The three-handed plot concerns three women. Pari (Elmira Rafizadeh) is a prostitute doing her best to raise her young boy as a single mum. She dispenses sexual favours to an aging judge as a means of getting her son past an officious, low level female bureaucrat who is refusing him admission to the school in the area into which Pari and son have just moved.

The judge puts Pari up in a vacant flat he happens to own where she makes friends with respectable housewife and mum-to-be Sara (Zar Amir Ebrahimi) whose hardline husband is refusing to sign the form to allow his wife to work during her pregnancy. One evening, larking about with Sara and slightly drunk, Pari undertakes as a prank call to the building’s caretaker and suggest a rendezvous. She does this on Sara’s phone which will eventually have dire consequences for the latter.

Meanwhile, a third woman Donya (Negar Mona Alizadeh) visits an underground dance club where she has sex with a musician Babak (Arash Mirandi) in the men’s room. However, she’s due to get married very soon and needs to prove her virginity to her husband. This requires an expensive operation for which she insists Babak must pay. So he sets about finding out about either this operation or possible alternatives to it.

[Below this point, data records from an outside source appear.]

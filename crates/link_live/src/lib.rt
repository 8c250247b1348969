//! Runs of a node: the loop that owns the network beside the threads of a program, over one link; and a live run, which is one of these.
//!
//! In reading order: `network` (the loop), `rest`, `handing` (what an application hands to that loop), `side` (what runs beside it, and
//! what joins them), `node_run` (the one call that runs a node), `config` (that of a node with one gate). Of a live run: `edit`, `audio`
//! and `script` (the loops of its audio thread and of its application), `sides` (these as sides), `room`, `run`, `report`. What a program
//! needs of the crates below is handed on.
#![tactic(auto)]

mod audio;
mod config;
mod edit;
mod handing;
mod network;
mod node_run;
mod report;
mod rest;
mod room;
mod run;
mod script;
mod side;
mod sides;

pub use audio::{AudioReport, audio_loop};
pub use client_state::{Commit, State};
pub use config::one_gate_config;
pub use edit::commit_of;
pub use handing::{ask_to_end, hand_over};
pub use link_node::{Config, GateSetup, Sends};
pub use link_shared::{AppPass, AudioPass, Capture, Link, LinkName, Parts};
pub use lk_base::{Block, Endpoint, NodeId};
pub use lk_outside::{Audio, ListPort, Next, Port};
pub use network::{NetEnd, network_loop, post, run_laws};
pub use node_run::{NodeRun, bind, locals, run_node};
pub use report::Report;
pub use room::{Room, scripts_have_commands};
pub use run::{LiveEnd, LiveRun, ends_tell_courses, live_run};
pub use script::{ScriptReport, script_loop};
pub use side::{AppSide, AudioSide, Idle};
pub use timeline_math::beat_at;
pub use triple_buffer::Triple;
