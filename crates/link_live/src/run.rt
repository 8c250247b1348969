//! A live run: three threads over one link, and its end.

ghost use Rattle.std.specs.Prelude.{◌≡◌, ◌≤◌, pos, Bool, true, false, length, map, IfOk, IsErr};
ghost use Rattle.lk_outside.specs.Pace.{IsPaced};
ghost use Rattle.link_node.specs.Config.{config_value, IsConfig};
ghost use Rattle.link_node.specs.Event.{event_value};
ghost use Rattle.link_node.specs.Runs.{AreFitting};
ghost use Rattle.link_live.specs.LiveRun.{EndsLiveRun, IsReady, first_of, setup_of, told_of};

use crate::audio::AudioReport;
use crate::node_run::run_node;
use crate::room::Room;
use crate::script::ScriptReport;
use crate::sides::{Player, Script};
use client_state::State;
use link_node::{Config, Event};
use link_script::LiveScript;
use lk_outside::{Audio, Pace, Port};
use std::alloc::{AllocError, Global};
use std::sync::Wait;
use std::thread::Threads;

/// How a live run ended: by the first of these that holds.
#[derive(Clone, Copy, Debug, PartialEq, Eq)]
pub enum LiveEnd {
    /// Memory was wanting for a capture.
    Memory,
    /// A call of the port failed.
    Port,
    /// A call of the audio device failed.
    Audio,
    /// An event found no room in the journal.
    Events,
    /// None of these.
    Well,
}

/// What a live run leaves.
#[derive(Drop)]
pub struct LiveRun {
    pub end: LiveEnd,
    pub events: Vec<Event>,
    pub published: Vec<State>,
    pub audio: AudioReport,
    pub script: ScriptReport,
}

/// Runs a node, which is opened with a config at a moment and whose journal takes so many events, on three threads: the network's loop, the
/// audio thread's over at most `blocks` blocks, and that of an application which takes the script's commands.
///
/// The error is want of memory; then nothing was called.
///
/// Waits: for the threads, and in the port, the device and the pace. Memory: before the threads begin, all that the node needs; then two
/// notes for each capture of the application.
pub fn live_run<P: Port + Send, A: Audio + Send, T: Pace + Send, R: Threads + Wait + Sync>(
    rt: &R,
    alloc: Global,
    config: &Config,
    opened_at: i64,
    events: u64,
    script: &LiveScript,
    blocks: u64,
    room: Room,
    port: &mut P,
    audio: &mut A,
    pace: &mut T,
) -> Result<LiveRun, AllocError>
    requires config { IsConfig (config_value config.now) }
    requires opening { IsPaced (T.late pace.old) (pos 0) opened_at }
    requires events { (1 ≤ events) × (events ≤ 524_288) }
    requires ready { IsReady script.now blocks room }
    ensures ends { IfOk result (λ run. EndsLiveRun (setup_of (config_value config.now) events script.now blocks) (T.late pace.old)
        (P.seen port.old) (P.seen port.new) (A.seen audio.old) (A.seen audio.new)
        (told_of (config_value config.now) opened_at run) run.end) }
    ensures few { IfOk result (λ run. length run.audio.plays.items ≤ blocks) }
    ensures fitting { IfOk result (λ run. AreFitting (length (config_value config.now).gates) 0 0 (map event_value run.events.items)) }
    ensures untouched { IsErr result → (port.new ≡ port.old) × (audio.new ≡ audio.old) × (pace.new ≡ pace.old) }
{
    let mut player = Player {
        script,
        blocks,
        report: room.audio,
    };
    let mut client = Script {
        alloc,
        script,
        report: room.script,
    };
    let run = run_node(
        rt,
        alloc,
        config,
        opened_at,
        events,
        port,
        &mut player,
        audio,
        &mut client,
        pace,
        &mut (),
    )?;
    Ok(LiveRun {
        end: end_of(run.app, run.failed, run.audio, run.full),
        events: run.events,
        published: run.published,
        audio: player.report,
        script: client.report,
    })
}

// The first that holds.
fn end_of(captured: bool, failed: bool, played: bool, full: bool) -> LiveEnd
    ensures { result ≡ first_of captured failed played full }
{
    if !captured {
        return LiveEnd::Memory;
    }
    if failed {
        return LiveEnd::Port;
    }
    if !played {
        return LiveEnd::Audio;
    }
    if full {
        return LiveEnd::Events;
    }
    LiveEnd::Well
}

/// A law: by how a run ended, what it met.
pub fn ends_tell_courses()
    ensures well { (captured failed played full : Bool) → LiveEnd.Well ≡ first_of captured failed played full
        → (captured ≡ true) × (failed ≡ false) × (played ≡ true) × (full ≡ false) }
    ensures events { (captured failed played full : Bool) → LiveEnd.Events ≡ first_of captured failed played full
        → (captured ≡ true) × (failed ≡ false) × (played ≡ true) × (full ≡ true) }
    ensures audio { (captured failed played full : Bool) → LiveEnd.Audio ≡ first_of captured failed played full
        → (captured ≡ true) × (failed ≡ false) × (played ≡ false) }
    ensures port { (captured failed played full : Bool) → LiveEnd.Port ≡ first_of captured failed played full
        → (captured ≡ true) × (failed ≡ true) }
{}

Like Pari’s son taking delight in dropping water bombs from his balcony onto unsuspecting innocents below, the men here mostly game the system and have everything their own way. The women, however, have a much harder time of it, wherever they fit (or don’t fit) in the social spectrum. Ironically for a system that purports to uphold sexual abstinence or monogamous relationship, the woman that fares best here is the worldly-wise prostitute while the respectable, faithful housewife who makes one accidental minor slip finds herself in an ever worsening, no win situation culminating in a devastating rooftop finale involving a phoenix costume and a camera held by Pari’s astonished son.

If the rotoscoping process adds anything, it ups the visual ante producing the movie equivalent to reading a graphic novel. But the film stands on the merit of its writing and strong performances from its highly effective cast. See it – and be reminded of the freedoms we in the West have that are all too easily taken for granted.

Tehran Taboo is out in the UK on Friday, October 5th. Out on VoD on Monday, January 7th (2018).